1. Field of the Invention
The present invention relates to a circuit breaker, and more particularly to a temperature sensitive circuit breaker that opens the circuit when a high temperature condition or a current overload exists.
2. Description of Related Art
With reference to FIG. 6, a conventional circuit breaker in accordance with the prior art comprises a base (50), a core (53), two U-shaped rails (54), two prongs (55), a connector (60), a first spring (64) and a second spring (65). A cavity (51) centrally defined in the base (50) and extending to the top of the base (50). A chamber (52) is defined in the base (50) and communicates with the cavity (51). The core (53) is secured in the cavity (51) and made of meltable material so that the core (53) will melt and the melted material will flow into the chamber (52) due to a high temperature caused by a current overload. The U-shaped rails (54) are attached perpendicularly to the top of the base (50) on diametrically opposite sides of the cavity (51). Each rail (54) has a slot (not shown) defined in the bottom of the rail (54) aligning with and facing the slot in the other rail (54). The prongs (55) extend through the base (50), and part of each prong (55) is embedded in tile base (50). A convex contact (551) is formed on a first end of each prong (55) and aligns with the slot in the rail (54). A second end of each prong (55) is electrically connected to the circuit.
The connector (60) is electrically connected between the two prongs (55) and comprises two slides (61), a bridge (62) and a rod (63). The slides (61) are respectively slidably mounted in the U-shaped rails (54). Each slide (61) has a first side (not numbered) abutting the contract (551) on the prong (55) and a second side (not numbered) electrically connected to a bridge (62) so that the two prongs (55) are electrically connected to each other. The rod (63) has a first end attached to the bottom of the bridge (62) and a second end securely inserted into the core (53). The first spring (64) mounted around the rod (63) and is compressed between the top of the base (50) and the bottom of the bridge (62). A second spring (65) has first end attached to the top of the bridge (62) and a second end attached to the casing (70) so the second spring (65) is stretched between the bridge (62) and the casing (70).
With reference to FIG. 7, when the circuit (not shown) to which the breaker is attached has a current overload and a resultant high temperature, the core (53) melts and flows into the chamber (52). This frees the rod (53) from the core (53), and restitution force in the first and second springs (64, 65) detach the bridge (62) from the rail (54). Then the circuit to which the breaker is attached is broken because the two prongs (55) are disconnected from each other.
The conventional circuit breaker breaks the circuit only when the circuit has a high temperature that is caused by an overload current. However, a current overload does not necessarily cause a high temperature so that the current overload may damage the circuit. Furthermore, the conventional circuit breaker comprises many small elements, such as the rod (63) and the two springs (64, 65) that are hard to assemble in the casing (70), and conventional circuit breaker can only be used one time because the core (53) can not be restored to its original configuration after being melted.

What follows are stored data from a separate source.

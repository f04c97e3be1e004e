// The shape of a line, byte by byte.
ghost use Rattle.std.specs.Prelude.{◌≡◌};
ghost use Rattle.shape.specs.Shape.{next_state, after_field, in_number, begin_line};

// The four kinds of line of a sheet, in their order.
#[derive(Clone, Copy)]
pub enum Section {
    Catalogue,
    Options,
    Orderings,
    Trailer,
}

// Where in a line the scan stands.
#[derive(Clone, Copy)]
pub enum State {
    // No byte of the line read.
    Start,
    // A field is over; this many fields follow it.
    Gap(u8),
    // A number begins; this many fields follow it.
    First(u8),
    // In a number: this many fields follow it, and at most this many digits more.
    Digit(u8, u8),
    // The line is over.
    Done,
    // No well-shaped line begins so.
    Dead,
}

// A line's first byte.
pub fn begin_line(sec: Section, b: u8) -> State
    ensures { result ≡ begin_line sec b }
{
    match (sec, b) {
        (Section::Catalogue, b'C' | b'X') => State::Gap(2),
        (Section::Options, b'F') => State::Gap(2),
        (Section::Orderings, b'U') => State::Gap(3),
        (Section::Trailer, b'T') => State::Gap(3),
        _ => State::Dead,
    }
}

// The byte after a field that k fields follow.
pub fn after_field(k: u8, b: u8) -> State
    ensures { result ≡ after_field k b }
{
    match (k, b) {
        (0, b'\n') => State::Done,
        (0, _) => State::Dead,
        (_, b' ') => State::First(k - 1),
        _ => State::Dead,
    }
}

// A byte in a number, after its first digit.
pub fn in_number(k: u8, m: u8, b: u8) -> State
    ensures { result ≡ in_number k m b }
{
    match b {
        b'0'..=b'9' if m == 0 => State::Dead,
        b'0'..=b'9' => State::Digit(k, m - 1),
        _ => after_field(k, b),
    }
}

// One byte of a line.
pub fn next_state(sec: Section, st: State, b: u8) -> State
    ensures { result ≡ next_state sec st b }
{
    match (st, b) {
        (State::Start, _) => begin_line(sec, b),
        (State::Gap(k), _) => after_field(k, b),
        (State::First(k), b'0') => State::Digit(k, 0),
        (State::First(k), b'1'..=b'9') => State::Digit(k, 4),
        (State::Digit(k, m), _) => in_number(k, m, b),
        _ => State::Dead,
    }
}
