// The numbers of a line, and the columns of the second and the third.
#[derive(Clone, Copy)]
pub struct Numbers {
    pub first: u32,
    pub second: u32,
    pub third: u32,
    pub second_column: usize,
    pub third_column: usize,
}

The present invention has arisen to mitigate and/or obviate the disadvantages of the conventional circuit breaker.
The main objective of the present invention is to provide a simpler circuit breaker that opens the circuit to which it is attached whatever a high temperature or a current overload in the circuit.
To achieve tile objective, the circuit breaker in accordance with the present invention comprises two contacts electrically mounted on a circuit board and an insulating pivot seat attached to the circuit board between the two contacts. A lever has a first end pivotally connected to the pivot seat and connected to one of the contact and a second end electrically connected to the other contact. A non-metallic expansive rod is mounted on the circuit board below the lever to push the lever upwardly to make the second end of lever disconnect from the contact when a high temperature in the circuit is transferred to the expansive rod. A breaking member is connected between a second end of the lever and the other contact on the circuit board. A high temperature associated with a current overload causes the breaking member to melt and open a circuit to which the breaker is attached.
Further benefits and advantages of the present invention will become apparent after a careful reading of the detailed description with appropriate reference to the accompanying drawings.